◆ **YOUR OBJECTIVE**
Find each line of the material below in which the word "source" occurs, and return it.

◆ **DATA FOR THE TASK**
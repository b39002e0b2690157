//! Comments (ISO 10206, 6.1.10).

ghost use Rattle.std.specs.Prelude.{◌≡◌, ◌<◌, ◌≤◌, true, false, length, IfSome};
ghost use Rattle.ep_token.specs.Comments.{opens_comment};
ghost use Rattle.ep_token.specs.Reading.{Gives, comment_at, comment_end};

use crate::piece::Piece;
use crate::refusal::TokenRefusal;
use ep_base::Line;

/// Whether a comment begins at the front.
pub(crate) fn opens_comment(bytes: &[u8]) -> bool
    requires { 0 < length bytes.now }
    ensures { result ≡ opens_comment bytes.now }
{
    bytes[0] == b'{' || (bytes[0] == b'(' && bytes.len() > 1 && bytes[1] == b'*')
}

/// The comment at the front, where `{` or `(*` stands.
#[tactic(auto, unfolding(crate::specs::Reading::comment_at))]
pub(crate) fn comment_at(line: Line, bytes: &[u8]) -> Result<Piece, TokenRefusal>
    requires some { 0 < length bytes.now }
    requires opens { opens_comment bytes.now ≡ true }
    ensures { Gives result (comment_at line bytes.now) }
{
    let opener = if bytes[0] == b'{' { 1 } else { 2 };
    match comment_end(&bytes[opener..]) {
        None => Err(TokenRefusal::OpenComment(line)),
        Some(end) => Ok((opener + end, None)),
    }
}

/// The end of the comment whose opening mark stands before the bytes. The closing mark may be of either form.
#[tactic(auto, using(crate::proofs::Comments::walk))]
fn comment_end(text: &[u8]) -> Option<usize>
    ensures end { result ≡ comment_end false 0 text.now }
    ensures within { IfSome result (λ end. end ≤ length text.now) }
{
    let mut after_star = false;
    for (i, byte) in text.iter().enumerate() {
        if *byte == b'}' || (*byte == b')' && after_star) {
            return Some(i + 1);
        }
        after_star = *byte == b'*';
    }
    None
}
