//! The tokens of source texts.
//!
//! A source text is a row of tokens, separating bytes and comments, each the longest that can be taken at its place.
//! `tokens` gives the tokens of such a text, each with its line and place, and refuses every other text at the first
//! place where nothing can be taken; `one_reading` promises that a text has one of the two answers, and one alone.
//! The crate stands on ep_base alone, for names and lines: a text is split before anything is known of the grammar.
//! Open specs/Tokens.antt first: it says what a row is and where a text is stuck, over what each kind of piece is
//! (specs/Words.antt, Symbols.antt, Numbers.antt, Strings.antt and Comments.antt). specs/Reading.antt has what the
//! calls of src/ read at a place, and proofs/ shows that it is what those definitions say; proofs/public has the
//! lemmas for the crates above.
#![tactic(auto)]

mod character_string;
mod comment;
mod identifier;
mod number;
mod piece;
mod refusal;
mod source;
mod spelling;
pub mod symbol;
mod token;
pub mod word;

pub use refusal::TokenRefusal;
pub use source::{MAX_SOURCE, one_reading, tokens};
pub use token::{Token, TokenKind};
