/// The variables are added that a statement, or one inside of it, threatens.
#[cycle(gathered)]
pub(crate) fn gather(
    s: &TypedStmt,
    of: Owner<'_>,
    routines: &Callees<'_>,
    found: &mut Numbers,
) -> Result<(), NoMemory>
    ensures { OnOk result (Gathers of.entry (λ v. spec.threatens (formals_at (callees_of routines.now)) v
        (stmt_of s.now)) found.old found.new) }
{
    match s {
        TypedStmt::Empty | TypedStmt::Halt(_) => Ok(()),
        TypedStmt::Compound(all) => stmts_gathered(all.items(), of, routines, found),
        TypedStmt::Assign(_, place, value) => {
            add_place(of, place, found)?;
            place_gathered(place, of, routines, found)?;
            expr_gathered(value.get(), of, routines, found)
        }
        TypedStmt::AssignTag(_, _, whole, _, value) => {
            add_place(of, whole, found)?;
            place_gathered(whole, of, routines, found)?;
            expr_gathered(value.get(), of, routines, found)
        }
        TypedStmt::If(_, condition, then_part, else_part) => {
            expr_gathered(condition.get(), of, routines, found)?;
            gather(then_part.get(), of, routines, found)?;
            gather(else_part.get(), of, routines, found)
        }
        TypedStmt::While(_, condition, body) => {
            expr_gathered(condition.get(), of, routines, found)?;
            gather(body.get(), of, routines, found)
        }
        TypedStmt::Repeat(_, all, condition) => {
            stmts_gathered(all.items(), of, routines, found)?;
            expr_gathered(condition.get(), of, routines, found)
        }
        TypedStmt::For(_, control, initial, last, body) => {
            add_variable(of, &control.get().variable, found)?;
            expr_gathered(initial.get(), of, routines, found)?;
            expr_gathered(last.get(), of, routines, found)?;
            gather(body.get(), of, routines, found)
        }
        TypedStmt::ForIn(_, control, set, body) => {
            add_variable(of, &control.get().variable, found)?;
            expr_gathered(set.get(), of, routines, found)?;
            gather(body.get(), of, routines, found)
        }
        TypedStmt::With(_, records, body) => {
            gather(body.get(), of, routines, found)?;
            opened_gathered(body.get(), records.items(), of, routines, found)
        }
        TypedStmt::Procedure(_, callee, given) => {
            let formals = routines.formals(&callee.unit, callee.number);
            actuals_gathered(formals, given.items(), of, routines, found)
        }
        TypedStmt::Case(_, selector, arms, None) => {
            expr_gathered(selector.get(), of, routines, found)?;
            arms_gathered(arms.items(), of, routines, found)
        }
        TypedStmt::Case(_, selector, arms, Some(other)) => {
            expr_gathered(selector.get(), of, routines, found)?;
            arms_gathered(arms.items(), of, routines, found)?;
            stmts_gathered(other.items(), of, routines, found)
        }
        TypedStmt::Write(_, items, _) => items_gathered(items.items(), of, routines, found),
    }
}

/// The same for the statements of these arms.
#[cycle(gathered)]
fn arms_gathered(
    all: &[CaseArm],
    of: Owner<'_>,
    routines: &Callees<'_>,
    found: &mut Numbers,
) -> Result<(), NoMemory>
    ensures { OnOk result (Gathers of.entry (λ v. spec.arms_threaten (formals_at (callees_of routines.now)) v
        (tree.arms (map arm_of all.now))) found.old found.new) }
{
    for a in all {
        arm_gathered(a, of, routines, found)?;
    }
    Ok(())
}

/// For the statement of an arm.
#[cycle(gathered)]
fn arm_gathered(
    a: &CaseArm,
    of: Owner<'_>,
    routines: &Callees<'_>,
    found: &mut Numbers,
) -> Result<(), NoMemory>
    ensures { OnOk result (Gathers of.entry (λ v. spec.threatens (formals_at (callees_of routines.now)) v
        (arm_of a.now).1) found.old found.new) }
{
    gather(a.body.get(), of, routines, found)
}

/// For these expressions that are written.
fn items_gathered(
    all: &[WriteItem],
    of: Owner<'_>,
    routines: &Callees<'_>,
    found: &mut Numbers,
) -> Result<(), NoMemory>
    ensures { OnOk result (Gathers of.entry (λ v. spec.items_threaten (formals_at (callees_of routines.now)) v
        (map item_of all.now)) found.old found.new) }
{
    for i in all {
        item_gathered(i, of, routines, found)?;
    }
    Ok(())
}

/// For an expression that is written, and its width.
fn item_gathered(
    i: &WriteItem,
    of: Owner<'_>,
    routines: &Callees<'_>,
    found: &mut Numbers,
) -> Result<(), NoMemory>
    ensures { OnOk result (Gathers of.entry (λ v. spec.item_threatens (formals_at (callees_of routines.now)) v
        (item_of i.now)) found.old found.new) }
{
    expr_gathered(i.value.get(), of, routines, found)?;
    match &i.width {
        None => Ok(()),
        Some(width) => expr_gathered(width.get(), of, routines, found),
    }
}

/// For the function designators of an expression.
#[cycle(gathered_in_expressions)]
fn expr_gathered(
    x: &TypedExpr,
    of: Owner<'_>,
    routines: &Callees<'_>,
    found: &mut Numbers,
) -> Result<(), NoMemory>
    ensures { OnOk result (Gathers of.entry (λ v. spec.expr_threatens (formals_at (callees_of routines.now)) v
        (expr_of x.now)) found.old found.new) }
{
    match x {
        TypedExpr::Constant(_) | TypedExpr::Text(_) | TypedExpr::SetConstant(_) => Ok(()),
        TypedExpr::Read(place) => place_gathered(place, of, routines, found),
        TypedExpr::Unary(_, operand)
        | TypedExpr::Card(operand)
        | TypedExpr::FieldValue(operand, _)
        | TypedExpr::VariantValue(operand, _, _) => {
            expr_gathered(operand.get(), of, routines, found)
        }
        TypedExpr::Binary(_, left, right) => {
            expr_gathered(left.get(), of, routines, found)?;
            expr_gathered(right.get(), of, routines, found)
        }
        TypedExpr::Short(_, left, right) => {
            expr_gathered(left.get(), of, routines, found)?;
            expr_gathered(right.get(), of, routines, found)
        }
        TypedExpr::Step(_, _, _, value, count) => {
            expr_gathered(value.get(), of, routines, found)?;
            expr_gathered(count.get(), of, routines, found)
        }
        TypedExpr::IndexedValue(array, index) => {
            expr_gathered(array.get(), of, routines, found)?;
            expr_gathered(index.get(), of, routines, found)
        }
        TypedExpr::OnSets(_, left, right) => {
            expr_gathered(left.get(), of, routines, found)?;
            expr_gathered(right.get(), of, routines, found)
        }
        TypedExpr::Function(callee, given) => {
            let formals = routines.formals(&callee.unit, callee.number);
            actuals_gathered(formals, given.items(), of, routines, found)
        }
        TypedExpr::Set(designators) => {
            members_gathered(designators.items(), of, routines, found)
        }
        TypedExpr::Structured(_, elements) => {
            elements_gathered(elements.get().items(), of, routines, found)
        }
    }
}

◆ **OUTPUT OF THE TASK**
//! The tokens of source texts.
//! A source text is a row of tokens, separating bytes and comments, each the longest that can be taken at its place.
mod source;
pub use source::{MAX_SOURCE, one_reading, tokens};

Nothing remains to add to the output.